Stored data entries:
• • • • •

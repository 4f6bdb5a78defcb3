//! What sessions read: the state, with the steps that it stands for.
ghost use Rattle.std.specs.Prelude.{◌≡◌, ◌∷◌, [], IfOk, IfErr, IfSome};
ghost use Rattle.shown.specs.Adopting.{IsReady};
ghost use Rattle.shown.specs.Copying.{IsCopied};
ghost use Rattle.shown.specs.Paging.{IsPageRefusal};
ghost use Rattle.shown.specs.Standing.{nothing, after_step, standing, HasRoom};
ghost use Rattle.published.specs.Copies.{Stands};
ghost use Rattle.published.specs.Judged.{AreJudged};

use crate::book::{Naming, StepPrefix};
use crate::made::Copied;
use crate::post::Post;
use left_right::Absorb;
use shown::{Answer, IndexAt, Refused, Shown, Step};
use std::alloc::{AllocError, Global};
use std::hash::RandomState;
use std::marker::{Model, PhantomData};
use zookie::Consistency;

/// One published copy: the standing of steps of the book that `J` names, all of which were judged. Contracts see it as the state
/// and the steps.
#[derive(Drop)]
pub struct ShownCopy<J: Naming> {
    shown: Shown,
    prefix: StepPrefix,
    of: PhantomData<J>,
}

impl<J: Naming> Model for ShownCopy<J> {
    ghost use Rattle.std.specs.Prelude.{◌≡◌};
    ghost use Rattle.published.specs.Copies.{Copy, Stands};
    ghost use Rattle.published.specs.inside.WritingCodes.{coded_copy};

    ghost Value = { Copy };

    ghost coded = { coded_copy };

    ghost view = { λ c. record { shown = c.shown; prefix = c.prefix } };

    ghost invariant = { λ c. (c.prefix.book ≡ J.book) × Stands (record { shown = c.shown; prefix = c.prefix }) };
}

impl<J: Naming> ShownCopy<J> {
    /// The copy after the first step.
    pub(crate) fn after_first(
        alloc: Global,
        keys: RandomState,
        step: &Step,
        prefix: &StepPrefix,
    ) -> Result<ShownCopy<J>, AllocError>
        requires room { HasRoom nothing step.now }
        requires book { prefix.now.book ≡ J.book }
        requires one { prefix.now.steps ≡ step.now ∷ [] }
        ensures copy { IfOk result (λ copy.
            copy ≡ record { shown = after_step nothing step.now; prefix = prefix.now }) }
        ensures stands { IfOk result Stands }
    {
        let mut shown = Shown::new(alloc, keys);
        shown.apply(step)?;
        Ok(ShownCopy {
            shown,
            prefix: prefix.again(),
            of: PhantomData,
        })
    }

    /// The state.
    pub(crate) fn shown(&self) -> &Shown
        ensures { result.now ≡ self.now.shown }
    {
        &self.shown
    }

    /// The snapshot of a revision that it retains, copied.
    pub(crate) fn copy_snapshot(&self, consistency: &Consistency) -> Result<Copied<J>, Refused>
        ensures ok { IfOk result (λ copied.
            IsCopied (standing self.now.prefix.steps) consistency.now (record { rev = copied.rev; value = copied.snap })) }
        ensures err { IfErr result (IsPageRefusal (standing self.now.prefix.steps) consistency.now) }
    {
        let Answer { rev, value } = self.shown.copy_snapshot(consistency)?;
        let of = self.prefix.again();
        Ok(Copied::new(self.shown.keys(), of, rev, value))
    }

    /// The steps that it stands for.
    pub(crate) fn prefix(&self) -> &StepPrefix
        ensures { result.now ≡ self.now.prefix }
    {
        &self.prefix
    }
}

impl<J: Naming> Absorb<Post<J>> for ShownCopy<J> {
    ghost use Rattle.published.specs.Copies.{absorbed};

    type State = ShownCopy<J>;

    ghost state = { λ c. c };

    ghost applied = { absorbed };

    /// A post that is not the next one of the book is not taken.
    fn absorb_first(&mut self, post: &Post<J>, _other: &ShownCopy<J>) -> Result<(), AllocError> {
        if !post.is_next_of(&self.prefix) {
            return Err(AllocError);
        }
        match index_for(post, &self.prefix, self.shown.floor()) {
            Some(ready) => self.shown.apply_with(post.step(), ready)?,
            None => self.shown.apply(post.step())?,
        }
        self.prefix = post.after().again();
        Ok(())
    }
}

// An index that came with the post, where it serves a copy of these steps.
fn index_for<J: Naming>(post: &Post<J>, steps: &StepPrefix, floor: u64) -> Option<IndexAt>
    requires book { steps.now.book ≡ J.book }
    requires judged { AreJudged steps.now.steps }
    requires floor { floor ≡ (standing steps.now.steps).kept.floor }
    ensures { IfSome result (IsReady (standing steps.now.steps).kept) }
{
    post.take_index()?.for_steps(steps, floor)
}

• • • • •

== Activity ==
Write out every line from the data above that includes "IfOk".

== Result of this task ==
ghost use Rattle.std.specs.Prelude.{◌≡◌, ◌∷◌, [], IfOk, IfErr, IfSome};
        ensures copy { IfOk result (λ copy.
        ensures stands { IfOk result Stands }
        ensures ok { IfOk result (λ copied.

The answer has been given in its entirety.